I have an Oracle a table that has 3 columns. FILE_NUM, START_DATE, END_DATE. FILE_NUM is a unique identifier and so each row is unique.
FILE_NUM | START_DATE | END_DATE |
---|---|---|
1111 | Apr. 04, 1977 | Jun. 30, 1984 |
1112 | Jan. 03, 1987 | Sep. 05, 2010 |
1113 | May. 14, 1962 | Jan. 30, 1998 |
1114 | Oct. 09, 2001 | Aug. 22, 2025 |
1113 | May. 14, 1962 | Jan. 30, 1998 |
1114 | Nov. 18, 2003 | Aug. 22, 2028 |
etc |
I want to query a count of files that existed per decade. Something like:
Decade | Count |
---|---|
1960-1969 | 10 |
1970-1979 | 25 |
1980-1989 | 42 |
The logic is, if the file existed at any point in any decade, count it in each of those decades. So for file_num 1112, it should get counted in the 1980's, 1990's, 2000's, and 2010's.
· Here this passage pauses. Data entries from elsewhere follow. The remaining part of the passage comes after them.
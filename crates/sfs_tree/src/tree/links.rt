// The calls that make a row or take one away.
ghost use Rattle.std.specs.Prelude.{◌≡◌, ◌+◌, ◌<◌, ◌≤◌, ℕ, None, Some, length, IsTrue, IfOk, OnOk, OnErr};
ghost use Rattle.std.specs.FinMap as finmap;
ghost use Rattle.sfs_base.specs.Name.{bucket};
ghost use Rattle.tree_laws.specs.declared.call.Call.TheVariants as call;

use super::Tree;
use super::faults::refused;
use crate::nodes::NodeData;
use sfs_base::{CoreId, Kind, Name, NoMemory, NodeId};
use tree_laws::{Code, Reply};

/// Up to how many links a further one may bring a file.
const MOST_LINKS: u32 = 65_535;

impl Tree {
    ghost use Rattle.tree_laws.specs.Tree.{row_of, is_directory, bucket_rows, made_by, next_number};
    ghost use Rattle.tree_laws.specs.Effect.{Adds, tree_with};
    ghost use Rattle.tree_laws.specs.Verdict.{make_fault};
    ghost use Rattle.tree_laws.specs.Step.{IsStep};

    pub(super) fn make(
        &mut self,
        core: CoreId,
        dir: NodeId,
        name: &Name,
        kind: Kind,
    ) -> Result<Reply, NoMemory>
        requires { core.0 < length self.old.made }
        ensures ok { IfOk result (λ reply. IsStep self.old core.0 (call.Make dir name.now kind) reply self.new) }
        ensures err { OnErr result (self.new ≡ self.old) }
    {
        if let Some(code) = self.make_fault(core, dir, name) {
            return Ok(refused(code));
        }
        let node = self.next_number(core);
        self.make_node(core, dir, name.copy()?, node, kind)?;
        Ok(Reply::Node { node, kind })
    }

    // Why a node can't be made here.
    fn make_fault(&self, core: CoreId, dir: NodeId, name: &Name) -> Option<Code>
        requires { core.0 < length self.now.made }
        ensures { result ≡ make_fault self.now core.0 dir.0 name.now }
    {
        if let Some(code) = self.directory_fault(dir) {
            return Some(code);
        }
        if self.child(dir, name).is_some() {
            Some(Code::Exists)
        } else if self.is_full(dir, name) {
            Some(Code::DirFull)
        } else if self.made[core.0 as usize] >= self.share {
            Some(Code::NoNodes)
        } else {
            None
        }
    }

    // The number of the node that the core makes next.
    fn next_number(&self, core: CoreId) -> NodeId
        requires core { core.0 < length self.now.made }
        requires share { made_by self.now core.0 < self.now.share }
        ensures { result.0 ≡ next_number self.now core.0 }
    {
        NodeId(self.first + u32::from(core.0) * self.share + self.made[core.0 as usize])
    }

    // Puts the row, the node and the count of the core's nodes.
    fn make_node(
        &mut self,
        core: CoreId,
        dir: NodeId,
        name: Name,
        node: NodeId,
        kind: Kind,
    ) -> Result<(), NoMemory>
        requires core { core.0 < length self.old.made }
        requires directory { IsTrue (is_directory self.old dir.0) }
        requires absent { row_of self.old dir.0 name ≡ None }
        requires room { finmap.len (bucket_rows dir.0 (bucket name) self.old.rows) < 4096 }
        requires share { made_by self.old core.0 < self.old.share }
        requires node { node.0 ≡ next_number self.old core.0 }
        ensures ok { OnOk result (self.new ≡ tree_with self.old core.0 (Adds dir.0 name node.0) (Some kind)) }
        ensures err { OnErr result (self.new ≡ self.old) }
    {
        self.store.grow(self.alloc, node.0 as usize + 1)?;
        let empty = NodeData {
            kind,
            bytes: Vec::new(self.alloc),
        };
        self.store.put_both(dir.0, name, node, empty)?;
        self.made[core.0 as usize] += 1;
        Ok(())
    }
}

impl Tree {
    ghost use Rattle.tree_laws.specs.Verdict.{link_fault, unlink_row, rmdir_row};
    ghost use Rattle.tree_laws.specs.Tree.{row_of};
    ghost use Rattle.tree_laws.specs.Sound.{IsSound};
    ghost use Rattle.tree_laws.specs.Step.{IsStep, IsLine};

    pub(super) fn link(&mut self, file: NodeId, dir: NodeId, name: &Name) -> Result<Reply, NoMemory>
        requires { IsSound self.old }
        ensures ok { IfOk result (λ reply. (core : ℕ) → IsStep self.old core (call.Link file dir name.now) reply self.new) }
        ensures err { OnErr result (self.new ≡ self.old) }
    {
        match self.link_fault(file, dir, name) {
            Some(code) => Ok(refused(code)),
            None => {
                self.store.put_row(dir.0, name.copy()?, file)?;
                Ok(Reply::Ok)
            }
        }
    }

    // Why a file can't have a further row here.
    fn link_fault(&self, file: NodeId, dir: NodeId, name: &Name) -> Option<Code>
        ensures { result ≡ link_fault self.now file.0 dir.0 name.now }
    {
        if !self.is_alive(file) {
            return Some(Code::NoEntry);
        }
        if self.is_directory(file) {
            return Some(Code::NotPermitted);
        }
        if let Some(code) = self.directory_fault(dir) {
            return Some(code);
        }
        if self.child(dir, name).is_some() {
            Some(Code::Exists)
        } else if self.store.named(file.0) >= MOST_LINKS {
            Some(Code::TooManyLinks)
        } else if self.is_full(dir, name) {
            Some(Code::DirFull)
        } else {
            None
        }
    }

    pub(super) fn unlink(&mut self, dir: NodeId, name: &Name) -> Reply
        ensures { (core : ℕ) → IsStep self.old core (call.Unlink dir name.now) result self.new }
    {
        if let Some(code) = self.directory_fault(dir) {
            return refused(code);
        }
        match self.child(dir, name) {
            Some(child) => self.unlink_child(dir, name, child),
            None => refused(Code::NoEntry),
        }
    }

    // Takes away the row of a file.
    fn unlink_child(&mut self, dir: NodeId, name: &Name, child: NodeId) -> Reply
        requires { row_of self.old dir.0 name.now ≡ Some child.0 }
        ensures { IsLine self.old (unlink_row self.old dir.0 name.now (Some child.0)) result self.new }
    {
        if self.is_directory(child) {
            return refused(Code::NotPermitted);
        }
        self.store.remove_row(dir.0, name, child);
        Reply::Ok
    }

    pub(super) fn rmdir(&mut self, dir: NodeId, name: &Name) -> Reply
        requires { IsSound self.old }
        ensures { (core : ℕ) → IsStep self.old core (call.Rmdir dir name.now) result self.new }
    {
        if let Some(code) = self.directory_fault(dir) {
            return refused(code);
        }
        match self.child(dir, name) {
            Some(child) => self.remove_directory(dir, name, child),
            None => refused(Code::NoEntry),
        }
    }

    // Takes away the row of an empty directory.
    fn remove_directory(&mut self, dir: NodeId, name: &Name, child: NodeId) -> Reply
        requires sound { IsSound self.old }
        requires row { row_of self.old dir.0 name.now ≡ Some child.0 }
        ensures { IsLine self.old (rmdir_row self.old dir.0 name.now (Some child.0)) result self.new }
    {
        if !self.is_directory(child) {
            return refused(Code::NotDir);
        }
        if self.store.inside(child.0) != 0 {
            return refused(Code::NotEmpty);
        }
        self.store.remove_row(dir.0, name, child);
        Reply::Ok
    }
}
I don't even know if this is possible. I've tinkered around in my query a few times, but I'm not sure I know enough functions or technique to get this sort of result.
Thanks for any help.
EDIT:
I should clarify how the counts will be made. I need to approach the date ranges in 3 ways in order to capture which file_nums existed within each decade.
I crafted up the following SQL. I am still trying to figure out if it's doing what I want it to do. If anyone has suggestion
with decades as
(
select
concat(concat(floor(extract(year from t.start_date)/10)*10, '-'), floor(extract(year from t.start_date)/10)*10 + 9) DECADE
from
table t
group by
concat(concat(floor(extract(year from t.start_date)/10)*10, '-'), floor(extract(year from t.start_date)/10)*10 + 9)
)
select
count(a.file_num),
decades.decade
from
table a,
decades
where
extract(year from a.start_date) between extract(year from to_date(SUBSTR(decades.decade,0,4), 'YYYY')) and extract(year from to_date(SUBSTR(decades.decade,6,9), 'YYYY'))
or
extract(year from a.end_date) between extract(year from to_date(SUBSTR(decades.decade,0,4), 'YYYY')) and extract(year from to_date(SUBSTR(decades.decade,6,9), 'YYYY'))
or
(extract(year from a.start_date) < extract(year from to_date(SUBSTR(decades.decade,0,4), 'YYYY'))
and
extract(year from a.end_date) > extract(year from to_date(SUBSTR(decades.decade,6,9), 'YYYY'))
)
group by
decades.decade
order by
decades.decade
You can also take advantage of the connect by clause to do that. I assume you don't have any duplicate rows (these columns FILE_NUM, START_DATE, END_DATE should be unique) in your real data.
SELECT dec_start, dec_end, COUNT(*) nb
FROM (
SELECT t.*, level
, 10 * trunc( extract ( year from (START_DATE) ) / 10 ) + 10 * LEVEL - 10 dec_start
, 10 * trunc( extract ( year from (START_DATE) ) / 10 ) + 10 * LEVEL - 1 dec_end
FROM YourTable T
CONNECT BY
10 * TRUNC( EXTRACT ( YEAR FROM (START_DATE) ) / 10 ) + 10 * LEVEL - 10
< 10 * CEIL( EXTRACT ( YEAR FROM (END_DATE) ) / 10 )
AND PRIOR FILE_NUM = FILE_NUM
AND PRIOR START_DATE = START_DATE
AND PRIOR END_DATE = END_DATE
AND PRIOR SYS_GUID() IS NOT NULL
)
group by dec_start, dec_end
order by dec_start, dec_end
;